**TASK DIRECTIONS**
Where does the string "value" occur in the records below? Copy every line that holds it.

**DATA PROVIDED**

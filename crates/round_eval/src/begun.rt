ghost use Rattle.std.specs.Prelude.{IfOk};
ghost use Rattle.round_eval.specs.Jobs.{WentOn};

use crate::job::{Done, Job};
use std::alloc::AllocError;
use std::snapshot::Snapshot;
use std::thread::{Promise, PromisedHandle};

/// That what a thread gives is what became of its job, or want of memory.
#[derive(Drop)]
pub(crate) struct GoesOn(pub(crate) Snapshot<Job>);

impl Promise<Result<Done, AllocError>> for GoesOn {
    ghost kept_by = { λ p r. IfOk r (λ done. WentOn p.0.value done) };
}

/// A job that was begun.
#[derive(Drop)]
pub(crate) enum Begun {
    /// By a thread that is to be joined.
    Running(PromisedHandle<Result<Done, AllocError>, GoesOn>),
    /// By the caller's thread, since no other could be started: this became of it.
    Ended(Result<Done, AllocError>),
}
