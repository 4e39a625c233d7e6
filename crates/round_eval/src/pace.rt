ghost use Rattle.std.specs.Prelude.{◌≤◌};

use std::alloc::{AllocError, Global};
use std::sync::Arc;
use std::sync::atomic::{AtomicBool, Ordering};

// In how many parts a quantum is cut for those who go on beside a root that has one.
const PARTS: u32 = 8;

/// What the threads of a round share: for how many events a space goes on before its thread looks whether all are asked to end, and whether they are.
/// No clause speaks of the latter: whoever looks may end or go on.
#[derive(Drop)]
pub(crate) struct Pace {
    /// For how many events each goes on at first.
    pub(crate) quantum: u32,
    pub(crate) ghost some: { 1 ≤ quantum },
    /// And for how many between two looks behind that.
    pub(crate) further: u32,
    pub(crate) ghost some_further: { 1 ≤ further },
    asked: Arc<AtomicBool, Global>,
}

impl Pace {
    /// Nobody is asked to end. The one error is want of memory.
    pub(crate) fn new(alloc: Global, quantum: u32) -> Result<Pace, AllocError>
        requires { 1 ≤ quantum }
    {
        let asked = Arc::new(alloc, AtomicBool::new(false))?;
        Ok(Pace {
            quantum,
            further: quantum,
            asked,
        })
    }

    /// The same for one more thread.
    pub(crate) fn share(&self) -> Result<Pace, AllocError> {
        let asked = Arc::try_clone(&self.asked)?;
        Ok(Pace {
            quantum: self.quantum,
            further: self.further,
            asked,
        })
    }

    /// All are asked to end.
    pub(crate) fn ask_to_end(&self) {
        self.asked.store(true, Ordering::SeqCst);
    }

    /// Whether they are.
    pub(crate) fn is_to_end(&self) -> bool {
        self.asked.load(Ordering::SeqCst)
    }

    /// A root goes on beside for a quantum: none is to go on much longer than it.
    pub(crate) fn keep_step(&mut self) {
        self.further = (self.quantum / PARTS).max(1);
    }

    /// Nobody is asked any longer. No thread goes on meanwhile.
    pub(crate) fn begin(&mut self) {
        self.further = self.quantum;
        self.asked.store(false, Ordering::SeqCst);
    }
}
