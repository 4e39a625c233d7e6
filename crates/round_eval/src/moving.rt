ghost use Rattle.std.specs.Prelude.{◌≡◌, ◌≤◌, true, IfOk, IfSome, IsNone, OnOk};
ghost use Rattle.std.specs.List.{All};
ghost use Rattle.det_laws.specs.Moved.{AreOut, HasRunning, HasSpace, IsTaken, paths_of, with_tops};
ghost use Rattle.round_eval.specs.Jobs.{dones_out, jobs_out};

use crate::hints::Hints;
use crate::job::{Done, Job};
use space_tree::{Path, Space, Top, at, swap_top};
use std::alloc::{AllocError, Global};

// The fuel of a top that stands in another's place. It is never run.
const NO_MATTER: u32 = 1;

// Whether a space that runs stands at a path.
fn runs_at(space: &Space, path: &Path) -> bool
    ensures { result ≡ true → HasRunning space.now path.now.items }
{
    match at(space, path) {
        Some(found) => !found.top.is_stopped(),
        None => false,
    }
}

// The top of the space that runs at a path, which one that has stopped replaces; none where no space runs there.
#[tactic(auto, using(crate::proofs::Moves::stands_where_it_runs))]
fn take_out(alloc: Global, space: &mut Space, path: &Path) -> Option<Top>
    ensures some { IfSome result (λ t. IsTaken path.now.items t space.old space.new) }
    ensures none { IsNone result → space.new ≡ space.old }
{
    if runs_at(space, path) {
        Some(swap_top(space, path, Top::fresh(alloc, NO_MATTER)))
    } else {
        None
    }
}

/// The tops of the spaces that are to go on and run, each once, out of their tree, for so many events at most.
pub(crate) fn take_all(
    alloc: Global,
    space: &mut Space,
    turns: Vec<Path>,
    left: u32,
) -> Result<Vec<Job>, AllocError>
    requires { 1 ≤ left }
    ensures { IfOk result (λ jobs. AreOut (jobs_out jobs.items) space.old space.new) }
{
    let mut jobs = Vec::new(alloc);
    for path in turns {
        if let Some(top) = take_out(alloc, space, &path) {
            jobs.push(Job { path, top, left })?;
        }
    }
    Ok(jobs)
}

/// Puts the tops back, and notes what is next of each. The one error is want of memory.
pub(crate) fn put_all(
    space: &mut Space,
    mut dones: Vec<Done>,
    hints: &mut Hints,
) -> Result<(), AllocError>
    requires { All (HasSpace space.old) (paths_of (dones_out dones.items)) }
    ensures { OnOk result (space.new ≡ with_tops (dones_out dones.items) space.old) }
{
    while let Some(done) = dones.pop() {
        let Done {
            path,
            top,
            ran: _,
            next,
        } = done;
        swap_top(space, &path, top);
        hints.note(path, next)?;
    }
    Ok(())
}
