ghost use Rattle.std.specs.Prelude.{◌≤◌};

use crate::hints::Hints;
use crate::pace::Pace;
use space_step::DecodeCache;
use space_tree::Space;
use std::alloc::{AllocError, Global};
use std::num::NonZeroUsize;
use std::thread;
use std::thread::Threads;

// How many rounds in a row may try calls before turns are taken.
const MOST_EARLY: u32 = 64;

/// What the rounds of a run have in common.
#[derive(Drop)]
pub(crate) struct Engine {
    /// Where memory comes from.
    pub(crate) alloc: Global,
    /// For how many events a space goes on at a time, and whether those of a round are asked to end.
    pub(crate) pace: Pace,
    /// How many threads may run at once.
    pub(crate) processors: usize,
    /// What the caller's thread has decoded.
    pub(crate) cache: DecodeCache,
    /// Where to look next.
    pub(crate) hints: Hints,
    /// Where the root goes on apart: whether it came through the events that it had last.
    pub(crate) root_runs: bool,
    /// Where the root goes on apart: whether it has come in this round to what is no local event, which may be a call whose time has come.
    pub(crate) root_calls: bool,
    // How many rounds in a row calls have been tried before turns were taken.
    early: u32,
}

impl Engine {
    /// What the rounds of a tree begin with. The one error is want of memory.
    pub(crate) fn new(
        rt: &impl Threads,
        alloc: Global,
        space: &Space,
        quantum: u32,
    ) -> Result<Engine, AllocError>
        requires { 1 ≤ quantum }
    {
        let pace = Pace::new(alloc, quantum)?;
        let cache = DecodeCache::new(alloc)?;
        let hints = Hints::search(alloc, space)?;
        Ok(Engine {
            alloc,
            pace,
            processors: processors(rt),
            cache,
            hints,
            root_runs: false,
            root_calls: false,
            early: 0,
        })
    }

    /// Notes whether the root, which had an event in this round or had none, has come to what is no local event.
    pub(crate) fn note_root(&mut self, went: bool) {
        self.root_calls = went && !self.root_runs;
    }

    /// How many events a turn has at most, of so many in a round: any number where each has a processor of its own, since all are asked to end once one of
    /// them does; several quanta where others wait for a processor.
    pub(crate) fn most_events(&self, turns: usize) -> u32
        ensures { 1 ≤ result }
    {
        if turns > self.processors {
            self.hints.turn_of(self.pace.quantum)
        } else {
            u32::MAX
        }
    }

    /// Whether calls are tried before turns are taken: where there are some, an event has happened in this round, no root goes on beside, and not too many
    /// rounds in a row have done so. Where they are not, but there are some, each turn is a single quantum.
    pub(crate) fn tries_calls(&mut self, began: bool) -> bool {
        let some = self.root_calls || self.hints.some_calls();
        let first = some
            && (began || self.root_calls)
            && !self.root_runs
            && self.early < MOST_EARLY;
        self.early = if first {
            self.early.saturating_add(1)
        } else {
            0
        };
        if some && !first {
            self.pace.ask_to_end();
        }
        first
    }
}

// How many processors this thread may run on; one where that is not known.
fn processors(rt: &impl Threads) -> usize {
    match thread::available_parallelism(rt) {
        Ok(count) => count.get(),
        Err(_) => 1,
    }
}
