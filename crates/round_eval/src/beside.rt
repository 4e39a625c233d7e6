ghost use Rattle.std.specs.Prelude.{◌≡◌, ℕ, ◌+◌, ◌*◌, ◌≤◌, [], IfOk};
ghost use Rattle.call_model.specs.declared.limits.TheConstants.{GREATEST_LENGTH};
ghost use Rattle.space_model.specs.Space.{Top};
ghost use Rattle.run_model.specs.Console.{most_output};
ghost use Rattle.round_eval.specs.Apart.{IsForRoot, RootWent, WentWriting};

use crate::pace::Pace;
use call_model::limits::GREATEST_LENGTH;
use space_step::{Advance, DecodeCache, Next, advance_with_output};
use space_tree::Top;
use std::alloc::{AllocError, Global};
use std::snapshot::Snapshot;
use std::thread;
use std::thread::{Promise, PromisedHandle, SpawnError, Threads};

/// A root that has gone on: its top, how many events it had, whether it came through its quantum, and what it wrote to its console.
#[derive(Drop)]
pub(crate) struct RootDone {
    pub(crate) top: Top,
    pub(crate) ran: u32,
    pub(crate) came_through: bool,
    pub(crate) output: Vec<u8>,
}

/// That what a thread gives is what became of a root in a quantum, or want of memory.
#[derive(Drop)]
pub(crate) struct RootGoesOn {
    pub(crate) start: Snapshot<Top>,
    pub(crate) quantum: u32,
}

impl Promise<Result<RootDone, AllocError>> for RootGoesOn {
    ghost kept_by = { λ p r. IfOk r (λ done. RootWent p.quantum p.start.value done) };
}

/// A root that has begun to go on.
#[derive(Drop)]
pub(crate) enum BegunRoot {
    /// By a thread that is to be joined.
    Running(PromisedHandle<Result<RootDone, AllocError>, RootGoesOn>),
    /// By the caller's thread, since no other could be started: this became of it.
    Ended(Result<RootDone, AllocError>),
}

// How many bytes are enough, so that what an event writes beyond them is within what a quantum of events may write.
fn enough_of(quantum: u32) -> usize
    requires { 1 ≤ quantum }
    ensures { result + most_output ≡ quantum * most_output + 1 }
{
    (quantum as usize - 1) * GREATEST_LENGTH as usize + 1
}

/// The top of a root goes on for the quantum at most; what it writes to its console is put into the output, which is empty. It answers how many events
/// there were, and whether there were as many as the quantum. The one error is want of memory.
#[tactic(auto, using(crate::proofs::RootFirst::wrote_within))]
pub(crate) fn run_root(
    top: &mut Top,
    quantum: u32,
    cache: &mut DecodeCache,
    output: &mut Vec<u8>,
) -> Result<(u32, bool), AllocError>
    requires quantum { 1 ≤ quantum }
    requires empty { output.old.items ≡ [] }
    ensures { IfOk result (λ r. WentWriting quantum r.0 output.new.items top.old top.new) }
{
    let enough = enough_of(quantum);
    let Advance { ran, next } = advance_with_output(top, 0, quantum, cache, output, enough)?;
    match next {
        Some(next) => Ok((ran, next == Next::Local)),
        None => Err(AllocError),
    }
}

// A root goes on in a thread that has decoded nothing. Behind that the spaces below it are asked to end.
fn run_new(alloc: Global, mut top: Top, quantum: u32, pace: &Pace) -> Result<RootDone, AllocError>
    requires { 1 ≤ quantum }
    ensures { IfOk result (λ done. RootWent quantum top done) }
{
    let mut cache = DecodeCache::new(alloc)?;
    let mut output = Vec::new(alloc);
    let (ran, came_through) = run_root(&mut top, quantum, &mut cache, &mut output)?;
    pace.ask_to_end();
    Ok(RootDone {
        top,
        ran,
        came_through,
        output,
    })
}

/// A thread for a root that is to go on for the quantum at most; where none can be started, it goes on here.
pub(crate) fn begin_root(
    rt: &impl Threads,
    alloc: Global,
    top: Top,
    quantum: u32,
    pace: Pace,
) -> BegunRoot
    requires { 1 ≤ quantum }
    ensures { IsForRoot quantum top result }
{
    let promise = RootGoesOn {
        start: Snapshot::of(&top),
        quantum,
    };
    let work = move || -> Result<RootDone, AllocError>
        requires { 1 ≤ quantum }
        ensures { IfOk result (λ done. RootWent quantum top done) }
    { run_new(alloc, top, quantum, &pace) };
    match thread::spawn_with(rt, promise, work) {
        Ok(handle) => BegunRoot::Running(handle),
        Err(SpawnError { value }) => BegunRoot::Ended(value()),
    }
}

/// What became of it.
pub(crate) fn end_root(rt: &impl Threads, begun: BegunRoot) -> Result<RootDone, AllocError>
    ensures { (q : ℕ) (t : Top) → IsForRoot q t begun → IfOk result (λ done. RootWent q t done) }
{
    match begun {
        BegunRoot::Running(handle) => handle.join(rt),
        BegunRoot::Ended(result) => result,
    }
}
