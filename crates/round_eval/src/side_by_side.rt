ghost use Rattle.std.specs.Prelude.{◌≡◌, ◌≤◌, true, IfOk};
ghost use Rattle.std.specs.List.{AllZip};
ghost use Rattle.round_eval.specs.Jobs.{WentOn, events_of};

use crate::engine::Engine;
use crate::job::{Done, Job};
use crate::job_run::run;
use crate::pace::Pace;
use crate::starting::{begin_each, end_each};
use rayon::prelude::*;
use space_step::DecodeCache;
use std::alloc::{AllocError, Global};
use std::thread::Threads;

// As `run`, with the cache of the thread, if there was memory for it.
fn run_in_thread(
    job: Job,
    pace: &Pace,
    cache: &mut Result<DecodeCache, AllocError>,
) -> Result<Done, AllocError>
    ensures { IfOk result (λ done. WentOn job done) }
{
    match cache {
        Ok(cache) => run(job, pace, cache),
        Err(_) => Err(AllocError),
    }
}

// Many spaces, in pieces that are shared among the processors, each with a cache of its own.
fn run_pieces(
    rt: &(impl Threads + Sync),
    alloc: Global,
    pace: &Pace,
    jobs: Vec<Job>,
) -> Result<Vec<Done>, AllocError>
    ensures { IfOk result (λ v. AllZip WentOn jobs.items v.items) }
{
    jobs.into_par_iter()
        .with_min_len(1)
        .map_init(
            || -> Result<DecodeCache, AllocError> { DecodeCache::new(alloc) },
            |cache: &mut Result<DecodeCache, AllocError>, job: Job| -> Result<Done, AllocError>
                ensures { IfOk result (λ done. WentOn job done) }
            { run_in_thread(job, pace, cache) },
        )
        .collect::<Result<Vec<Done>, AllocError>>(rt, alloc)?
}

// As many spaces as there are processors at most: each in a thread of its own, but the last, which goes on in the caller's. The caller starts one
// after the other: of two threads that are started at once, as by halves, the host is apt to place both on one processor.
fn run_each(
    rt: &impl Threads,
    engine: &mut Engine,
    mut jobs: Vec<Job>,
) -> Result<Vec<Done>, AllocError>
    ensures { IfOk result (λ v. AllZip WentOn jobs.items v.items) }
{
    let Some(last) = jobs.pop() else {
        return Ok(Vec::new(engine.alloc));
    };
    let begun = begin_each(rt, engine, jobs)?;
    let own = run(last, &engine.pace, &mut engine.cache);
    let mut dones = end_each(rt, engine.alloc, begun)?;
    dones.push(own?)?;
    Ok(dones)
}

/// The spaces of the jobs go on side by side, by as many threads as there are processors, each with a cache of its own: each for as many local
/// events as its job says, and fewer only where what is next is none. The one error is want of memory.
pub(crate) fn run_all(
    rt: &(impl Threads + Sync),
    engine: &mut Engine,
    jobs: Vec<Job>,
) -> Result<Vec<Done>, AllocError>
    ensures { IfOk result (λ v. AllZip WentOn jobs.items v.items) }
{
    if jobs.len() > engine.processors {
        run_pieces(rt, engine.alloc, &engine.pace, jobs)
    } else {
        run_each(rt, engine, jobs)
    }
}

/// Whether one of them at least had an event.
#[tactic(auto, using(crate::proofs::Jobs::some_ran))]
pub(crate) fn any_ran(dones: &[Done]) -> bool
    ensures { result ≡ true → 1 ≤ events_of dones.now }
{
    for done in dones {
        if done.ran > 0 {
            return true;
        }
    }
    false
}
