ghost use Rattle.std.specs.Prelude.{◌≤◌};

use space_step::Next;
use space_tree::{Path, Top};

/// A space that is to go on, out of its tree: its path, its top, and for how many events.
#[derive(Drop)]
pub(crate) struct Job {
    pub(crate) path: Path,
    pub(crate) top: Top,
    pub(crate) left: u32,
    pub(crate) ghost some: { 1 ≤ left },
}

/// A space that has gone on: its path, its top, how many events it had, and what is next.
#[derive(Drop)]
pub(crate) struct Done {
    pub(crate) path: Path,
    pub(crate) top: Top,
    pub(crate) ran: u32,
    pub(crate) next: Next,
}
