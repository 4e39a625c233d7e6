ghost use Rattle.std.specs.Prelude.{◌≤◌, IfOk};
ghost use Rattle.call_model.specs.Limits.{greatest_depth, levels_below};
ghost use Rattle.space_model.specs.Event.{Follows};
ghost use Rattle.round_eval.specs.Jobs.{WentOn};

use crate::job::{Done, Job};
use crate::pace::Pace;
use space_step::{Advance, DecodeCache, Next, advance};
use space_tree::Top;
use std::alloc::AllocError;

// A space goes on quantum by quantum, for so many events at most, until it stops or calls, or those of its round are asked to end.
fn run_quanta(
    top: &mut Top,
    depth: u8,
    most: u32,
    pace: &Pace,
    cache: &mut DecodeCache,
) -> Result<(u32, Next), AllocError>
    requires { depth ≤ greatest_depth }
    ensures { IfOk result (λ r. Follows (levels_below depth) r.0 top.old top.new) }
{
    let mut ran = 0;
    let mut stretch = pace.quantum;
    'quanta: while ran < most {
        let Advance { ran: more, next } = advance(top, depth, stretch.min(most - ran), cache)?;
        let next = next.ok_or(AllocError)?;
        ran += more;
        if next != Next::Local || pace.is_to_end() {
            return Ok((ran, next));
        }
        stretch = pace.further;
    }
    Ok((ran, Next::Local))
}

/// The space of a job goes on, with what this thread has decoded. Where it stops or calls, all of its round are asked to end.
pub(crate) fn run(job: Job, pace: &Pace, cache: &mut DecodeCache) -> Result<Done, AllocError>
    ensures { IfOk result (λ done. WentOn job done) }
{
    let Job {
        path,
        mut top,
        left,
    } = job;
    let depth = path.len() as u8;
    let (ran, next) = run_quanta(&mut top, depth, left, pace, cache)?;
    if next != Next::Local {
        pace.ask_to_end();
    }
    Ok(Done {
        path,
        top,
        ran,
        next,
    })
}
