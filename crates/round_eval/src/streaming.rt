ghost use Rattle.std.specs.Prelude.{◌≡◌, ◌*◌, ◌≤◌, true, false, IfOk, IsErrOf, OnOk, OnErr};
ghost use Rattle.space_model.specs.Space.{Space, is_settled};
ghost use Rattle.space_model.specs.Sound.{IsSound};
ghost use Rattle.report_model.specs.Report.{console_of};
ghost use Rattle.run_model.specs.Console.{most_output};
ghost use Rattle.run_model.specs.Demand.{settle_tree};
ghost use Rattle.det_host.specs.Outside.{Takes};
ghost use Rattle.det_host.specs.Writing.{TakesPrefix, output_of};
ghost use Rattle.demand_eval.specs.Streams.{Begins, Lags, StandsStill, Writes};
ghost use Rattle.round_eval.specs.Apart.{ByOneQuantum};
ghost use Rattle.round_eval.specs.Later.{IsLater};

use crate::apart::round_apart;
use crate::engine::Engine;
use demand_eval::{StreamFault, settle_on, write_console};
use det_host::{Sink, SinkError, write_all};
use space_tree::Space;
use std::alloc::Global;
use std::thread::Threads;

// A round, and what it wrote to the console goes to the sink.
fn round_to<O: Sink>(
    rt: &(impl Threads + Sync),
    engine: &mut Engine,
    space: &mut Space,
    quantum: u32,
    out: &mut O,
) -> Result<bool, SinkError>
    requires sound { IsSound space.old }
    requires quantum { 1 ≤ quantum }
    ensures ok { IfOk result (λ some. IsLater some space.old space.new) }
    ensures writes { OnOk result (Writes (output_of O.taken O.faults out.old out.new) space.old space.new) }
    ensures failed { IsErrOf result SinkError.Failed → Lags (quantum * most_output) (ByOneQuantum quantum) (output_of O.taken O.faults out.old out.new) space.old space.new }
    ensures begins { OnErr result (Begins (output_of O.taken O.faults out.old out.new) space.old) }
    ensures later { O.faults out.old ≤ O.faults out.new }
{
    let mut output = Vec::new(engine.alloc);
    let Ok(some) = round_apart(rt, engine, space, quantum, &mut output) else {
        return Err(SinkError::Memory);
    };
    if let Err(error) = write_all(out, &output) {
        return Err(error);
    }
    Ok(some)
}

// Rounds, until one has no event. What each of them writes to the console goes to the sink behind it.
fn go_to<O: Sink>(
    rt: &(impl Threads + Sync),
    alloc: Global,
    space: &mut Space,
    quantum: u32,
    out: &mut O,
) -> Result<(), SinkError>
    requires sound { IsSound space.old }
    requires quantum { 1 ≤ quantum }
    ensures same { OnOk result (settle_tree space.new ≡ settle_tree space.old) }
    ensures reached { OnOk result (IsLater false space.old space.new) }
    ensures sound { OnOk result (IsSound space.new) }
    ensures writes { OnOk result (Writes (output_of O.taken O.faults out.old out.new) space.old space.new) }
    ensures failed { IsErrOf result SinkError.Failed → Lags (quantum * most_output) (ByOneQuantum quantum) (output_of O.taken O.faults out.old out.new) space.old space.new }
    ensures begins { OnErr result (Begins (output_of O.taken O.faults out.old out.new) space.old) }
    ensures later { O.faults out.old ≤ O.faults out.new }
{
    let Ok(mut engine) = Engine::new(rt, alloc, space, quantum) else {
        return Err(SinkError::Memory);
    };
    'rounds: loop {
        match round_to(rt, &mut engine, space, quantum, out) {
            Ok(true) => {}
            Ok(false) => return Ok(()),
            Err(error) => return Err(error),
        }
    }
}

// As `rounds_to`, from a console on that the sink has taken already.
fn rounds_on<O: Sink>(
    rt: &(impl Threads + Sync),
    alloc: Global,
    mut space: Space,
    quantum: u32,
    out: &mut O,
) -> Result<Space, StreamFault>
    requires sound { IsSound space }
    requires quantum { 1 ≤ quantum }
    ensures meaning { IfOk result (λ s. s ≡ settle_tree space) }
    ensures settled { IfOk result (λ s. is_settled s ≡ true) }
    ensures sound { IfOk result IsSound }
    ensures writes { IfOk result (λ s. Writes (output_of O.taken O.faults out.old out.new) space s) }
    ensures write { (at : Space) → IsErrOf result (StreamFault.Write at) → Lags (quantum * most_output) (ByOneQuantum quantum) (output_of O.taken O.faults out.old out.new) space at }
    ensures begins { OnErr result (Begins (output_of O.taken O.faults out.old out.new) space) }
    ensures later { O.faults out.old ≤ O.faults out.new }
{
    match go_to(rt, alloc, &mut space, quantum, out) {
        // No space has an event left; `settle_on` looks at each once more and says so.
        Ok(()) => settle_on(alloc, space, out),
        Err(SinkError::Failed) => Err(StreamFault::Write { at: space }),
        Err(SinkError::Memory) => Err(StreamFault::Memory),
    }
}

/// Runs a whole tree in rounds as `rounds` does, and writes its root's console as it grows: first what it holds already, then, after each round, what
/// the round wrote. The sink is never called with nothing to write. It takes exactly the console of the settled tree; at an error some first
/// bytes of it. In a round the root goes on for the quantum at most, before the other spaces do.
///
/// Where the sink fails, the tree stands still: it settles to the same, and the sink has not taken all of its console. Either no event has happened, or the
/// sink has taken all that the console held before the last round, in which the root had at most the quantum of local events.
pub fn rounds_to<O: Sink>(
    rt: &(impl Threads + Sync),
    alloc: Global,
    space: Space,
    quantum: u32,
    out: &mut O,
) -> Result<Space, StreamFault>
    requires sound { IsSound space }
    requires quantum { 1 ≤ quantum }
    ensures meaning { IfOk result (λ s. s ≡ settle_tree space) }
    ensures settled { IfOk result (λ s. is_settled s ≡ true) }
    ensures sound { IfOk result IsSound }
    ensures written { IfOk result (λ s. Takes (O.taken out.old) (O.taken out.new) (console_of s)) }
    ensures write { (at : Space) → IsErrOf result (StreamFault.Write at) → StandsStill (quantum * most_output) (ByOneQuantum quantum) (output_of O.taken O.faults out.old out.new) space at }
    ensures prefix { TakesPrefix (O.taken out.old) (O.taken out.new) (console_of (settle_tree space)) }
    ensures later { O.faults out.old ≤ O.faults out.new }
{
    match write_console(alloc, &space, out) {
        Ok(()) => rounds_on(rt, alloc, space, quantum, out),
        Err(SinkError::Failed) => Err(StreamFault::Write { at: space }),
        Err(SinkError::Memory) => Err(StreamFault::Memory),
    }
}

**EXERCISE ANSWER**
    ghost kept_by = { λ p r. IfOk r (λ done. WentOn p.0.value done) };
    ghost kept_by = { λ p r. IfOk r (λ done. RootWent p.quantum p.start.value done) };
        Err(SpawnError { value }) => BegunRoot::Ended(value()),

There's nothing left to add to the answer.